» Data to process:
ghost use Rattle.std.specs.Prelude.{◌≡◌, ◌+◌, ◌++◌, IfOk, IfSome, OnOk};
ghost use Rattle.std.specs.Option.{option_copied};
ghost use Rattle.ocl_core.specs.Trees.{IsSound};
ghost use Rattle.ocl_eval.specs.Scenes.{scene_of};
ghost use Rattle.contract_frames.specs.Judging.{all_units, condition_at, outcome, outcome_if, outcomes, picture, units, units_if};

use object_referrers::ReferrerStore;
use object_state::{Cells, World};
use ocl_core::{ContractNo, Expr};
use ocl_eval::{Env, Outcome, evaluate_in, no_units_are_gained};
use ocl_program::Program;
use std::alloc::{AllocError, Global};
use std::sync::ledger::Ledger;
use use_lists::Items;
use use_steps::Steps;

/// What contracts are judged over: a program, the present state and the one at entry.
#[derive(Drop)]
pub(crate) struct Case<'a, P> {
    pub(crate) alloc: Global,
    pub(crate) program: &'a Program,
    pub(crate) store: &'a ReferrerStore,
    pub(crate) entry: &'a P,
}

/// The condition of a contract, where it is a postcondition or a precondition as is asked for.
fn condition(program: &Program, asked: bool, number: ContractNo) -> Option<&Expr>
    ensures value { option_copied result ≡ condition_at program.now asked number }
    ensures sound { IfSome result (λ e. IsSound e.now) }
{
    program.is_checked();
    match program.as_parts().contracts.get(number as usize) {
        None => None,
        Some(contract) => {
            if contract.is_post == asked {
                Some(&contract.expr)
            } else {
                None
            }
        }
    }
}

/// What a condition comes to.
fn outcome<L: Ledger, P: World<L>>(
    case: &Case<'_, P>,
    expr: &Expr,
    env: &mut Env,
    steps: &mut Steps<L>,
) -> Result<Outcome, AllocError>
    requires { IsSound expr.now }
    ensures value { IfOk result (λ o. o ≡ outcome (scene_of case.now.program.now (picture case.now.store.now) (P.picture case.now.entry.now)) env.old expr.now) }
    ensures units { OnOk result (steps.new ≡ steps.old + units (scene_of case.now.program.now (picture case.now.store.now) (P.picture case.now.entry.now)) env.old expr.now) }
    ensures env { env.new ≡ env.old }
{
    no_units_are_gained();
    case.program.is_checked();
    let mut reads = Cells::new(case.alloc);
    let told = evaluate_in::<L, ReferrerStore, P>(
        case.alloc,
        case.program.as_parts(),
        expr,
        env,
        case.store,
        case.entry,
        &mut reads,
        steps,
    )?;
    Ok(told)
}

/// Adds what a condition comes to, where there is one.
fn add_outcome<L: Ledger, P: World<L>>(
    case: &Case<'_, P>,
    number: ContractNo,
    expr: Option<&Expr>,
    env: &mut Env,
    outcomes: &mut Items<(ContractNo, Outcome)>,
    steps: &mut Steps<L>,
) -> Result<(), AllocError>
    requires { IfSome expr (λ e. IsSound e.now) }
    ensures added { OnOk result (outcomes.new
        ≡ outcomes.old ++ outcome_if (scene_of case.now.program.now (picture case.now.store.now) (P.picture case.now.entry.now)) env.old number (option_copied expr.entry)) }
    ensures units { OnOk result (steps.new ≡ steps.old + units_if (scene_of case.now.program.now (picture case.now.store.now) (P.picture case.now.entry.now)) env.old (option_copied expr.entry)) }
    ensures env { env.new ≡ env.old }
{
    match expr {
        None => Ok(()),
        Some(expr) => {
            let told = outcome(case, expr, env, steps)?;
            outcomes.push((number, told))
        }
    }
}

/// What the contracts of some numbers come to, all of them postconditions or preconditions as is
/// asked for.
pub(crate) fn outcomes<L: Ledger, P: World<L>>(
    case: &Case<'_, P>,
    asked: bool,
    numbers: &[ContractNo],
    env: &mut Env,
    steps: &mut Steps<L>,
) -> Result<Items<(ContractNo, Outcome)>, AllocError>
    ensures value { IfOk result (λ os. os ≡ outcomes (scene_of case.now.program.now (picture case.now.store.now) (P.picture case.now.entry.now)) asked env.old numbers.now) }
    ensures units { OnOk result (steps.new
        ≡ steps.old + all_units (scene_of case.now.program.now (picture case.now.store.now) (P.picture case.now.entry.now)) asked env.old numbers.now) }
{
    let mut outcomes = Items::new(case.alloc);
    'contracts: for number in numbers {
        let expr = condition(case.program, asked, *number);
        add_outcome(case, *number, expr, env, &mut outcomes, steps)?;
    }
    Ok(outcomes)
}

» Work instructions: Within the data above, find the lines that contain the word "match" and copy each of them.

» Result of the task:
    match program.as_parts().contracts.get(number as usize) {
    match expr {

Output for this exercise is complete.